Winch for sailing boats

Abstract

 The invention refers to a winch (1) for sailing boats comprising a stator body adapted to be integrally mounted on a deck (2) of a sailing boat and a rotor body (3) coaxially and rotatably fitted on the stator body along a primary shaft extended along a first direction (x). The rotor body (3) comprises a body portion (5) adapted to receive the windings of a control rope (4) of a sail of the sailing boat. Such rotor body portion (5) comprises an outer lateral surface (7) wherein a plurality of recess elements (8) and a plurality of elements in relief (9) with respect to said recess elements (8) are defined. In accordance with the invention, the recess elements (8) and the relief elements (9) extend along a second direction (y) tilted at a predefined angle (α) with respect to said first direction (x).

Description

[0001] The present invention refers to a winch for sailing boats. In particular, the winch of the invention has a preferred, although not exclusive, application in the racing and/or cruising sailing boats.

[0002] As known, winches are employed in sailing boats to ease the manoeuvring and adjustment operations of the sails under stress, such as for example the positioning and hoisting operations of the same. Such operations are carried out by manoeuvring suitable ropes or lines (also commonly indicated with the term: sheets or halyards) suitably connected to the sails; in particular, the ropes are pulled by winding them over suitable winches, properly positioned on the boat deck. The ropes are then properly clamped by suitable locking means provided onto the winch or onto the boat, in such a way to be able to keep the sails in the desired position.

[0003] Typically, the winches comprise a stator base or support body, adapted to be fastened on the deck of the sailing boat and a rotor body, or drum or bell, rotatably associated with the stator body and comprising a zone adapted to receive the windings of the control rope of the sail during the traction operations of the rope itself. The rotor body is coaxially fitted on the stator body along a primary rotation driving shaft and it is kinematically connected to such shaft through a plurality of motion transmission and reduction gears.

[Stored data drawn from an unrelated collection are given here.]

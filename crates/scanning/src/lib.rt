// The steps of a physical plan, scanned: which rows may agree, the next one that does, and the cells that it binds.
#![tactic(auto)]

pub mod cells;
pub mod cursor;
pub mod scan;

[0004] The traction is applied to the rope by imparting a rotation to the primary shaft of the winch, for example through a handle or through suitable drive pedestals; such rotation is transferred to the rotor body, with a predefined reduction ratio, by means of the aforesaid plurality of gears, so as to obtain a predefined force multiplication ratio on the rope. More in particular, the rotation imparted to the primary shaft is transferred, by means of the aforesaid plurality of gears, to a secondary shaft in mesh engagement with a toothed crown gear internally associated with the rotor body.

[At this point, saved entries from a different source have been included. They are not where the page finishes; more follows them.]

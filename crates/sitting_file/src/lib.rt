// Reads sitting files: A, D, n, m, n symbols, m symbols, each a number in groups of seven bits.
#![tactic(auto)]

ghost use Rattle.std.specs.Prelude.{◌≡◌, min, ◌+◌};
ghost use Rattle.sitting_file.specs.Format.{refusal_number, judged_number, number_at, header_of, symbols_from, read_of};
ghost use Rattle.sitting_file.specs.Input.{input_bytes};
ghost use Rattle.sitting_file.specs.Samples.{InLimits};

use numbers::{DEEPEST, FEWEST_SYMBOLS, LONGEST, MOST_SYMBOLS};

// What an accepted file announces: A, D, n and m. Its symbols are its last n + m bytes.
#[derive(Clone, Copy, Debug, PartialEq, Eq)]
pub struct Shape {
    pub alphabet: u32,
    pub depth: u32,
    pub first: u32,
    pub second: u32,
}

// Why a file is refused.
#[derive(Clone, Copy, Debug, PartialEq, Eq)]
pub enum Refusal {
    EndsEarly,
    NotShortest,
    OutsideLimits,
    BytesLeft,
}

// Document 01's number of a refusal.
impl From<Refusal> for u32 {
    ghost from_gives = { λ why n. n ≡ refusal_number why };

    fn from(why: Refusal) -> u32 {
        match why {
            Refusal::EndsEarly => 13,
            Refusal::NotShortest => 14,
            Refusal::OutsideLimits => 15,
            Refusal::BytesLeft => 16,
        }
    }
}

// How many bytes of its input a program reads at most.
pub const INPUT_BYTES: usize = 4608;

// A byte below this is the last group of its number.
pub const HIGH_BIT: u32 = 128;

// Whether a file is a sitting's, and why not. The promise is an equation, so it allows one answer to each file.
#[tactic(auto, unfolding(crate::specs::Format::body_of))]
pub fn read(file: &[u8]) -> Result<Shape, Refusal>
    ensures { result ≡ read_of file.now }
{
    let (shape, at) = header(file)?;
    symbols_from(file, at, shape)
}

// How many of so many bytes of input are judged.
pub fn judged_bytes(many: usize) -> usize
    ensures { result ≡ min many input_bytes }
{
    many.min(INPUT_BYTES)
}

// The header at the start of a file, whatever follows it, and the place after it. One answer to each file, as for `read`.
#[tactic(auto, unfolding(crate::specs::Format::header_up_to))]
pub fn header(file: &[u8]) -> Result<(Shape, usize), Refusal>
    ensures { result ≡ header_of file.now }
{
    let (alphabet, at) = number_at(file, 0, FEWEST_SYMBOLS, MOST_SYMBOLS)?;
    let (depth, at) = number_at(file, at, 0, DEEPEST)?;
    let (first, at) = number_at(file, at, 0, LONGEST)?;
    let (second, at) = number_at(file, at, 0, LONGEST)?;
    let shape = Shape {
        alphabet,
        depth,
        first,
        second,
    };
    Ok((shape, at))
}

// The symbols of a file whose header has been read, and nothing after them.
#[tactic(auto, using(crate::proofs::Places::symbol_refused, crate::proofs::Places::symbol_read, crate::proofs::Places::all_read, crate::proofs::Places::more_bytes))]
fn symbols_from(file: &[u8], from: usize, shape: Shape) -> Result<Shape, Refusal>
    requires { InLimits shape }
    ensures { result ≡ symbols_from file.now shape (shape.first + shape.second) from }
{
    let mut at = from;
    for _ in 0..shape.first + shape.second {
        let (_, next) = number_at(file, at, 0, shape.alphabet - 1)?;
        at = next;
    }
    if at < file.len() {
        return Err(Refusal::BytesLeft);
    }
    Ok(shape)
}

// The number that stands at a place, and the place after it. It has two groups at most. The limits and the place stay apart: no plainer as a range, which has a
// flag of its own, or as a reader that goes on, which each contract would have to follow.
#[tactic(auto, unfolding(crate::specs::Format::first_group, crate::specs::Format::second_group))]
fn number_at(file: &[u8], at: usize, low: u32, high: u32) -> Result<(u32, usize), Refusal>
    ensures { result ≡ number_at file.now at low high }
{
    if file.len() <= at {
        return Err(Refusal::EndsEarly);
    }
    let lowest = u32::from(file[at]);
    let next = at + 1;
    if lowest < HIGH_BIT {
        return judged(low, high, lowest, next);
    }
    if file.len() <= next {
        return Err(Refusal::EndsEarly);
    }
    let highest = u32::from(file[next]);
    if highest == 0 || HIGH_BIT <= highest {
        return Err(Refusal::NotShortest);
    }
    judged(low, high, lowest - HIGH_BIT + HIGH_BIT * highest, next + 1)
}

// A number that has been read whole, judged by its limits.
#[tactic(auto, unfolding(crate::specs::Format::judged_number))]
fn judged(low: u32, high: u32, value: u32, next: usize) -> Result<(u32, usize), Refusal>
    ensures { result ≡ judged_number low high value next }
{
    if (low..=high).contains(&value) {
        Ok((value, next))
    } else {
        Err(Refusal::OutsideLimits)
    }
}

[0005] When a change of the position of the sail is desired, the rope wound on the winch is pulled or loosened according to the new desired configuration of the sail. Typically, when the rope is pulled, the windings of the rope on the winch tend to vertically move towards the lower part of the outer lateral surface of the rotor body; on the other hand, when it is loosened, the windings of the rope on the winch tend to vertically move towards the upper part of the outer lateral surface of the rotor body, worsening the rope control by the user.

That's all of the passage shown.